Return every line in the entries below where the word "excluded" shows up.

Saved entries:
______

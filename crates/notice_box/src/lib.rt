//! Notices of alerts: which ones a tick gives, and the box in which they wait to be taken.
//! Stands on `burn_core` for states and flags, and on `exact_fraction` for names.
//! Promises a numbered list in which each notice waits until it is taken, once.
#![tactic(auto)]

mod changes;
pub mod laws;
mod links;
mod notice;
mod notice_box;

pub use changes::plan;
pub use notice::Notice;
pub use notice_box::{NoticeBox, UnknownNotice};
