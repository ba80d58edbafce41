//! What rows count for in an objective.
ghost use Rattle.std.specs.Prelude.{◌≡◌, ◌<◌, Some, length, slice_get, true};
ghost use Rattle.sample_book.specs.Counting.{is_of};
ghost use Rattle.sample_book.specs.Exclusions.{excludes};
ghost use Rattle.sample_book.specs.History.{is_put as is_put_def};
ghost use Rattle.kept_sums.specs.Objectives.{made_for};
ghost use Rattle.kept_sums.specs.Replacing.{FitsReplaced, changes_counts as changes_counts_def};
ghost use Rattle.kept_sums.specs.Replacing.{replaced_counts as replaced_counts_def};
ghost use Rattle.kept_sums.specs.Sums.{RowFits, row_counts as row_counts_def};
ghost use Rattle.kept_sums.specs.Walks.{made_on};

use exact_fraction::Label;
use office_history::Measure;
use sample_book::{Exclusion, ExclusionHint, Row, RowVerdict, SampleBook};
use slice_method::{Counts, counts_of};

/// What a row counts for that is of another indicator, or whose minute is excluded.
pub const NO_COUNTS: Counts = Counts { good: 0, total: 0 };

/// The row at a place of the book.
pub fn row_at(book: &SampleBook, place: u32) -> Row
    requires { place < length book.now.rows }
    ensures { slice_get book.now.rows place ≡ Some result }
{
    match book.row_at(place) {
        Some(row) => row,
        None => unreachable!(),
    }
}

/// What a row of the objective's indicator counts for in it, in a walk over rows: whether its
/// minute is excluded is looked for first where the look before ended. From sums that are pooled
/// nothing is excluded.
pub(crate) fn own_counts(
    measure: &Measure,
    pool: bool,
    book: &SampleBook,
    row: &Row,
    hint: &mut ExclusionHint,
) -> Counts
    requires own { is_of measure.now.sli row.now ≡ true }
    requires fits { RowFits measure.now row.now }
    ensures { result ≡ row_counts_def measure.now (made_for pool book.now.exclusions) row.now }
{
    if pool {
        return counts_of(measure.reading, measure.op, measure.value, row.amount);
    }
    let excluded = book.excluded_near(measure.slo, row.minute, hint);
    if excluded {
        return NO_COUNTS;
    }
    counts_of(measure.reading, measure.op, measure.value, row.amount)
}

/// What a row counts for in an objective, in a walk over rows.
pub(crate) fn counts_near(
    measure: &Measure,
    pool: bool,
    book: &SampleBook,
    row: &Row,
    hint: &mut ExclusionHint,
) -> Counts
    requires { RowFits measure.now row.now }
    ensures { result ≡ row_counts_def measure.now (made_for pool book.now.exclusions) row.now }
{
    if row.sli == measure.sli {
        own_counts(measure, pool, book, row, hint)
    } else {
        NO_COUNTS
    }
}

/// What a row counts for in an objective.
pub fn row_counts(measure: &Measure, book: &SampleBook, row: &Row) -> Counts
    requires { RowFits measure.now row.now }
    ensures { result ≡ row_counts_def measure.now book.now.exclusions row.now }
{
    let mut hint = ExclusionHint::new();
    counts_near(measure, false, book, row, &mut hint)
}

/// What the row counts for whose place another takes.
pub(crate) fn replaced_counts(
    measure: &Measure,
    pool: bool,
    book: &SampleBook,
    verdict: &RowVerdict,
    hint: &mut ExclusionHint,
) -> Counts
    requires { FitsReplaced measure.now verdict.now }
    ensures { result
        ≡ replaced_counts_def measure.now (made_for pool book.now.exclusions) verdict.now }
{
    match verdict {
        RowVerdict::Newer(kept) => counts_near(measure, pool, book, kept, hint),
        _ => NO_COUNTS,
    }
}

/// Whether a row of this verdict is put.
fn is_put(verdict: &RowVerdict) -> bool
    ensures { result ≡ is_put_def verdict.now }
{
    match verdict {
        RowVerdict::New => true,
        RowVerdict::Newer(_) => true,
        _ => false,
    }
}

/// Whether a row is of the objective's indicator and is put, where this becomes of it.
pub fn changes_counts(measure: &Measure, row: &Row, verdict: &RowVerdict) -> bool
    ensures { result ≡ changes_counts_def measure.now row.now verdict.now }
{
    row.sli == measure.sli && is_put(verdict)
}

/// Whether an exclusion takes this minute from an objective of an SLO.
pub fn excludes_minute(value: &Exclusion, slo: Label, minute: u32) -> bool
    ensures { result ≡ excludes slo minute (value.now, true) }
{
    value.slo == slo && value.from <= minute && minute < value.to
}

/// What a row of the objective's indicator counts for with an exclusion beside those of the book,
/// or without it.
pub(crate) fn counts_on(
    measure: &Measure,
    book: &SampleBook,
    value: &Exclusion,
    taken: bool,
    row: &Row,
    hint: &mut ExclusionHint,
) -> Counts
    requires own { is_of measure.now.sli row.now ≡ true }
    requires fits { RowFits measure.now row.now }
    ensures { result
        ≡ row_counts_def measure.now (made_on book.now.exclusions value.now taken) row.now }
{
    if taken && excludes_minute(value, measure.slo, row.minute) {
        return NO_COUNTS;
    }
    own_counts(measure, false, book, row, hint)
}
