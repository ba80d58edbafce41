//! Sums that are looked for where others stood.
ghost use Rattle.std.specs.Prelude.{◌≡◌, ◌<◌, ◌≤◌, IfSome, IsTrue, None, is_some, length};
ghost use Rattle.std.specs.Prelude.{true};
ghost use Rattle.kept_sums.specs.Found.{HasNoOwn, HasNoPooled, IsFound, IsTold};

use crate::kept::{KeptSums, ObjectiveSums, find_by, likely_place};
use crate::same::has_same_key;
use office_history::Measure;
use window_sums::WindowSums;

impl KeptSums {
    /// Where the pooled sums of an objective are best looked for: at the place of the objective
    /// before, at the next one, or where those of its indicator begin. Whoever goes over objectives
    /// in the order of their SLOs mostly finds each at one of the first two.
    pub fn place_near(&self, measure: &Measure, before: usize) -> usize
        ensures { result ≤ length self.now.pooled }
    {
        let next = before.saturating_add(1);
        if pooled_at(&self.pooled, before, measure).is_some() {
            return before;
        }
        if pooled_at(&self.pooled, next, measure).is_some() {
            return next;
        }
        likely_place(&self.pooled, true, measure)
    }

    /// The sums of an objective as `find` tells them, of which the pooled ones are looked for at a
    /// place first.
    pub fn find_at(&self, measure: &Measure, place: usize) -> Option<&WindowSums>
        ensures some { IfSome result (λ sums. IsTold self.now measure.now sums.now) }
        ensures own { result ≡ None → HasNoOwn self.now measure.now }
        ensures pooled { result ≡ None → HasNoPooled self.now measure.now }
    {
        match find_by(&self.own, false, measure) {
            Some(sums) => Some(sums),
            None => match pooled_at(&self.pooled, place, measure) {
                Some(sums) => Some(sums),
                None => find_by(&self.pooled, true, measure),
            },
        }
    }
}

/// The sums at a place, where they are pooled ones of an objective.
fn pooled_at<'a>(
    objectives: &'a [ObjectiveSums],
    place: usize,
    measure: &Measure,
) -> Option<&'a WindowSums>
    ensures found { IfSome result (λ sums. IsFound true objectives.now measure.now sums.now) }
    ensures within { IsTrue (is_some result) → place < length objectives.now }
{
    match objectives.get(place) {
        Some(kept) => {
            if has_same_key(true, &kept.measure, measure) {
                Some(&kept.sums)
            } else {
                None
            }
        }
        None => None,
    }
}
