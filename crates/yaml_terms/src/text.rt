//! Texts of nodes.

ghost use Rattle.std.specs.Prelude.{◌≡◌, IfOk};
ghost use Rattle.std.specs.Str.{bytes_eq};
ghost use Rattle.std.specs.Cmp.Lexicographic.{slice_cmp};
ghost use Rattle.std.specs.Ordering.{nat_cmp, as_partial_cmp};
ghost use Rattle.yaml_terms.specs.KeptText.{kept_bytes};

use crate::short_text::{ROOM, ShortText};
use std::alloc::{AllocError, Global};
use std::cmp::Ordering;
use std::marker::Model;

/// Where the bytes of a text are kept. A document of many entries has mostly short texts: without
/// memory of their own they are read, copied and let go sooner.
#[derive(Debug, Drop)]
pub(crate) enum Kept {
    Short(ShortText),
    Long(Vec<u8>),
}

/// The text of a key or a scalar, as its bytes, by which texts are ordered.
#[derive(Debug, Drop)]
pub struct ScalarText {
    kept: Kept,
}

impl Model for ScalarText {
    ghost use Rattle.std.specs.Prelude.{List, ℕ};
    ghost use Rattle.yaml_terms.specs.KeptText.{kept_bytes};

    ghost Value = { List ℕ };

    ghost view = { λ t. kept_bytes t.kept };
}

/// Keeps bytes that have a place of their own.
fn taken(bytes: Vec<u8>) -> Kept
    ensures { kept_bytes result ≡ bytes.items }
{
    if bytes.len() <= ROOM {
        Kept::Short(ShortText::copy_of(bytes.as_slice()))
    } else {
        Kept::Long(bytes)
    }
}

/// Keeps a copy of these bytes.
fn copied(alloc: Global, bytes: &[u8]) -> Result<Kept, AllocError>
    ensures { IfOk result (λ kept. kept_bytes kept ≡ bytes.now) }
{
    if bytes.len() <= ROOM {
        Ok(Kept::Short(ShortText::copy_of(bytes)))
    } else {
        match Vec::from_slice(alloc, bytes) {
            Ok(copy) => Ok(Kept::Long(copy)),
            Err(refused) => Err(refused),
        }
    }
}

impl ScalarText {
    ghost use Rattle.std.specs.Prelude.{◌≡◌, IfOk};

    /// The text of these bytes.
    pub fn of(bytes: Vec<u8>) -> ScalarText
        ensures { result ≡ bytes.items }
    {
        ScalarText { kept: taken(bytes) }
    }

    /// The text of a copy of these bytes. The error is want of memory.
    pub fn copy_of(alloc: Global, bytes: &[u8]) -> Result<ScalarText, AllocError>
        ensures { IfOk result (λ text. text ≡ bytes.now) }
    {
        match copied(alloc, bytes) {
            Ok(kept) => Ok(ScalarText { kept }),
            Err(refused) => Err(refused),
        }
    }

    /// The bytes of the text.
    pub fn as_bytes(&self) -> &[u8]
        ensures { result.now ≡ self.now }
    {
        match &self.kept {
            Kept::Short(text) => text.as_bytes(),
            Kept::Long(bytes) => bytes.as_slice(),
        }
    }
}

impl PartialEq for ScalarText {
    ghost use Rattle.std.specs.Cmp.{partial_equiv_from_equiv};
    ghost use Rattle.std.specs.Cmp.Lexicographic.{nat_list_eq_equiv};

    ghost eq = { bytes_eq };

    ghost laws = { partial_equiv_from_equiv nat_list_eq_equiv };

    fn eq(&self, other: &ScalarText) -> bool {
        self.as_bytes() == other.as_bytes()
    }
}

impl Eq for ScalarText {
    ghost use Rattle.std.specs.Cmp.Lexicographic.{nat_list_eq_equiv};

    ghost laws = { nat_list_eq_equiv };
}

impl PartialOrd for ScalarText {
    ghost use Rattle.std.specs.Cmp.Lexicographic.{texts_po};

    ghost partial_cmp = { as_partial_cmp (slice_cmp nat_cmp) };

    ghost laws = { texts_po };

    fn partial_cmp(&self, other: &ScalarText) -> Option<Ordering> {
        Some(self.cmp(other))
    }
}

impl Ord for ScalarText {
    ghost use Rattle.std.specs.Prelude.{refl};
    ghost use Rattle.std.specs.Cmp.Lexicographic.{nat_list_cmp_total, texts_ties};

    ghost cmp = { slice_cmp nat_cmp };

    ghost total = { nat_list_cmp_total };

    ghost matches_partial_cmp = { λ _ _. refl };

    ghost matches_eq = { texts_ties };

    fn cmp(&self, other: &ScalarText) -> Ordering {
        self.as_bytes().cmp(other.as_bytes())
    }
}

______

SOLUTION TO THIS PROBLEM:
/// What a row counts for that is of another indicator, or whose minute is excluded.
/// minute is excluded is looked for first where the look before ended. From sums that are pooled
/// nothing is excluded.
    let excluded = book.excluded_near(measure.slo, row.minute, hint);
    if excluded {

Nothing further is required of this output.